RECORDS FOR THIS EXERCISE:
[Start of Attachment]

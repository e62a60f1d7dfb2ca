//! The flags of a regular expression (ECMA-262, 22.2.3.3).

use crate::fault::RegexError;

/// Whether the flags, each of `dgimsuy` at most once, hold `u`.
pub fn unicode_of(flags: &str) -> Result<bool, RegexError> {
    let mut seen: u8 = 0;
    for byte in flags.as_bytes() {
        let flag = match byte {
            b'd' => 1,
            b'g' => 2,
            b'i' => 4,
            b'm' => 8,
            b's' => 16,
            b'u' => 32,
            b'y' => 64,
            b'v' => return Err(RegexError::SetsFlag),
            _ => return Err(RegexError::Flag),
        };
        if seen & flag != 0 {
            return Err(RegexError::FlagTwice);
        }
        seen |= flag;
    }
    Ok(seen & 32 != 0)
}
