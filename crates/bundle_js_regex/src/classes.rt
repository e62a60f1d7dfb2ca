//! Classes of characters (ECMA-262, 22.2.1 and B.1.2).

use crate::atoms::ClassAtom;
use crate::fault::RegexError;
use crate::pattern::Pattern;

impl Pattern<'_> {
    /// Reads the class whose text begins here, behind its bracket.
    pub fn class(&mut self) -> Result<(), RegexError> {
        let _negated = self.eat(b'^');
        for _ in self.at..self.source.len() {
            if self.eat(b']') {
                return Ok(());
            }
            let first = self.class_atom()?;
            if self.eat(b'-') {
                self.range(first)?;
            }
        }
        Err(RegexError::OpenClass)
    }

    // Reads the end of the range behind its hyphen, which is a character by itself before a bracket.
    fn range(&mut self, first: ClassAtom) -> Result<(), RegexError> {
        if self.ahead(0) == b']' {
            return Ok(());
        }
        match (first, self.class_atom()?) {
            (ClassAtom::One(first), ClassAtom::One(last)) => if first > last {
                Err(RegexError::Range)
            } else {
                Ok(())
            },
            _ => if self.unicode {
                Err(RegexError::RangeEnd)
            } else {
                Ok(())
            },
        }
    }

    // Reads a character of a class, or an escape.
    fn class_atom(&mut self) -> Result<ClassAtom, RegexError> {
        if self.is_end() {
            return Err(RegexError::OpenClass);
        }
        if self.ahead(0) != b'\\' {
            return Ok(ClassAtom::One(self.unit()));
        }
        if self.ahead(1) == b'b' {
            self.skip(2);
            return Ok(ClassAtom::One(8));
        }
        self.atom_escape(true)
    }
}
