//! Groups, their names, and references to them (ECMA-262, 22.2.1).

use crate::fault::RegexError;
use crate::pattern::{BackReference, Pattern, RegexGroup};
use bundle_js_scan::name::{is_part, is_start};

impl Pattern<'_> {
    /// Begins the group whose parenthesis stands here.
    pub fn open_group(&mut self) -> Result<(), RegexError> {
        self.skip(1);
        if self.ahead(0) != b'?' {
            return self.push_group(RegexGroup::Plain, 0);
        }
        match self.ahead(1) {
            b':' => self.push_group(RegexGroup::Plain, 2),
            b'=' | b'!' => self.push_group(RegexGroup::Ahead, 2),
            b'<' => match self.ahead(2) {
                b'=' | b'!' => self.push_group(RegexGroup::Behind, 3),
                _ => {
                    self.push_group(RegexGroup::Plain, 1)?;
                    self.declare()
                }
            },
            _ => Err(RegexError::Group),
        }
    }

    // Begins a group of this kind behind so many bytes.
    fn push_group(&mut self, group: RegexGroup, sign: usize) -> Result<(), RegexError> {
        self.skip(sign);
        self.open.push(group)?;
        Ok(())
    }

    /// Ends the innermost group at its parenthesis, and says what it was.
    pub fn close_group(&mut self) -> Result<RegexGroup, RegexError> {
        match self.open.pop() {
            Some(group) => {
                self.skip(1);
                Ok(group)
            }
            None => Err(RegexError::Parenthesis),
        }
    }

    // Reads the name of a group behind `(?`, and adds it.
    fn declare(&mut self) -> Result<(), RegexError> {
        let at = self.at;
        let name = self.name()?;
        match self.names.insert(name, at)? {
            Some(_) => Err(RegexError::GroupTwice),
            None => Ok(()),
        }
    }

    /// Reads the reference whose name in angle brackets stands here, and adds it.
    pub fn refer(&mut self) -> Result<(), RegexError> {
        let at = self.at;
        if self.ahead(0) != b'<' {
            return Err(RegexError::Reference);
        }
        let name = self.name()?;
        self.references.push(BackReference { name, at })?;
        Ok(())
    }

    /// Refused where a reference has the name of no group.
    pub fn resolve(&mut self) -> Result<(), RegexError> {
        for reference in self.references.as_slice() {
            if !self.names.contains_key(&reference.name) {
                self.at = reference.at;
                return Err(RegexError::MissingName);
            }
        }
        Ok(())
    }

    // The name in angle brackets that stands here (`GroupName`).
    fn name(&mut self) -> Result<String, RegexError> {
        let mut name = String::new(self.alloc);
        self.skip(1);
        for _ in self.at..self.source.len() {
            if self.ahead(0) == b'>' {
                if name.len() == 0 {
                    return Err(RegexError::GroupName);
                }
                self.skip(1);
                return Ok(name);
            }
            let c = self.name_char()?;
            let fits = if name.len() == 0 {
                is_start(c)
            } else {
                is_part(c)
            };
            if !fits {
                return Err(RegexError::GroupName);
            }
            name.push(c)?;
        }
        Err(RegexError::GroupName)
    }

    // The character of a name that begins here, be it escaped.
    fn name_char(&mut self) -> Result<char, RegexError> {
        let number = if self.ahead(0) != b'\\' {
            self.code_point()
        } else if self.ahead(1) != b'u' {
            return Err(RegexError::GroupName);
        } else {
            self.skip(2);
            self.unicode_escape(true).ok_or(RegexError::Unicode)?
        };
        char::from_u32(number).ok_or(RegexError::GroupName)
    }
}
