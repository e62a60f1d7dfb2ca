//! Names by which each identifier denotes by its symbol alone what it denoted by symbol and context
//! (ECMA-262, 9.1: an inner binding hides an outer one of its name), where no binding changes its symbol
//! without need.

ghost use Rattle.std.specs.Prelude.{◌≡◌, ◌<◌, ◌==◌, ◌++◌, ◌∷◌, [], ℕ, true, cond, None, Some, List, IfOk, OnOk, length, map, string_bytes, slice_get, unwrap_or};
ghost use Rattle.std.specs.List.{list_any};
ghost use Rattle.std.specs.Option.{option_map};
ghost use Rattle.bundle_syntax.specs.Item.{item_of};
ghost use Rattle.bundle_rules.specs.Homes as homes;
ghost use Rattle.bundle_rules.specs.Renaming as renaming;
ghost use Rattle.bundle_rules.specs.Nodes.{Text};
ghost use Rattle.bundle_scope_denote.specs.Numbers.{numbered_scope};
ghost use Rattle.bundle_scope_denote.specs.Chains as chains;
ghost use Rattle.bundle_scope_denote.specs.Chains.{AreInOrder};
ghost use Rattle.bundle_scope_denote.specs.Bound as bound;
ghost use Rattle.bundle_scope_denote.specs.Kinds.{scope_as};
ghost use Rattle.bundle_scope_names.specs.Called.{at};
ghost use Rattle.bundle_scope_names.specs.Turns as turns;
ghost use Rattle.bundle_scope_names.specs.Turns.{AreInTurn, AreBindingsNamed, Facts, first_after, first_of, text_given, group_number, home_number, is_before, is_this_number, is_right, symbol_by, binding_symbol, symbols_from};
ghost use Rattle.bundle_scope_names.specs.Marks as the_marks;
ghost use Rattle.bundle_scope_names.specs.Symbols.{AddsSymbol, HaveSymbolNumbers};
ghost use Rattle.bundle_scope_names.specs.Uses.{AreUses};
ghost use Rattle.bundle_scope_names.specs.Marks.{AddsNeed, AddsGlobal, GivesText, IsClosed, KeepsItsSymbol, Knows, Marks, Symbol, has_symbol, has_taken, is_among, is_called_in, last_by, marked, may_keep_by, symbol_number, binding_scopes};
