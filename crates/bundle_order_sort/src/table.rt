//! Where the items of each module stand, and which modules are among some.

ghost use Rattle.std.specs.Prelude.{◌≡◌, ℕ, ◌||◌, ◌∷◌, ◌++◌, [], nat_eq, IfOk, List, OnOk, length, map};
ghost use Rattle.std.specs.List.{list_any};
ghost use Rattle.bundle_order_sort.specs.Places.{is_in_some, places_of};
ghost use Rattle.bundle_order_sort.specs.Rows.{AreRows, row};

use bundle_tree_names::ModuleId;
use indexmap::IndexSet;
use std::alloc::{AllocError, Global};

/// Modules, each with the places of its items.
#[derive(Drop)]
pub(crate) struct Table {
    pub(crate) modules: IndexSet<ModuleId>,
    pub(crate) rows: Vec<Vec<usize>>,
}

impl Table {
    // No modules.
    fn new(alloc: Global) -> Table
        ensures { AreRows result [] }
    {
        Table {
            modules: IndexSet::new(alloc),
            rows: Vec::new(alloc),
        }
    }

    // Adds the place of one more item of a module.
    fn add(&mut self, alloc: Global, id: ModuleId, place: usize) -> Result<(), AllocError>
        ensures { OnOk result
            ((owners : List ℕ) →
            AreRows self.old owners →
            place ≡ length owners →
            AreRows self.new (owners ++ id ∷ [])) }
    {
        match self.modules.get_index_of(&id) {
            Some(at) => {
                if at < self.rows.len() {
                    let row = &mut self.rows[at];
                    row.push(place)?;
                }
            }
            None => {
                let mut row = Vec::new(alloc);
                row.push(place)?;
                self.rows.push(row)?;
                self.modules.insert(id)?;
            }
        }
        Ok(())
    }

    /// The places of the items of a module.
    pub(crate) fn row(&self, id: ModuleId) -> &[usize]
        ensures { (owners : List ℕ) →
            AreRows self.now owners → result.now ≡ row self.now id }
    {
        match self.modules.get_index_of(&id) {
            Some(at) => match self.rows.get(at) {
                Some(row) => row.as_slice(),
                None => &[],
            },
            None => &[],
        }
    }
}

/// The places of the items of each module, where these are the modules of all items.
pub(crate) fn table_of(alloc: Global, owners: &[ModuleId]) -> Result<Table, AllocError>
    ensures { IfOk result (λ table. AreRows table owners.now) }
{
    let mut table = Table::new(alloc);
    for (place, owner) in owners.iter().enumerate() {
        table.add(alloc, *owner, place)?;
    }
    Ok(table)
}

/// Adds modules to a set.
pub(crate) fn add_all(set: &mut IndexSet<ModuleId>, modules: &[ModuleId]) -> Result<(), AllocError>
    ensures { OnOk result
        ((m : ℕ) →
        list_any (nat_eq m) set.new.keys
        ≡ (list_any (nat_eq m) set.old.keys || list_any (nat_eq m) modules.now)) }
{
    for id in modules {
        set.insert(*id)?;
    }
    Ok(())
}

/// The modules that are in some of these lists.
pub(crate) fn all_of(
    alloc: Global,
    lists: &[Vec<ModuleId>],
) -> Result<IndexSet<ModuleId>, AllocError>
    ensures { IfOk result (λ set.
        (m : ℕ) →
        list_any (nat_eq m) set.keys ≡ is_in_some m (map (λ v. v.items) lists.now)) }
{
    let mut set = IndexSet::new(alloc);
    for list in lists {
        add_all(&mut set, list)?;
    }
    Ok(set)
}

[End of Attachment]

WHAT YOU WILL DO: Find the lines above that contain the word "which" and collect them.

EXERCISE ANSWER:
    // Reads the end of the range behind its hyphen, which is a character by itself before a bracket.
//! Names by which each identifier denotes by its symbol alone what it denoted by symbol and context
//! Where the items of each module stand, and which modules are among some.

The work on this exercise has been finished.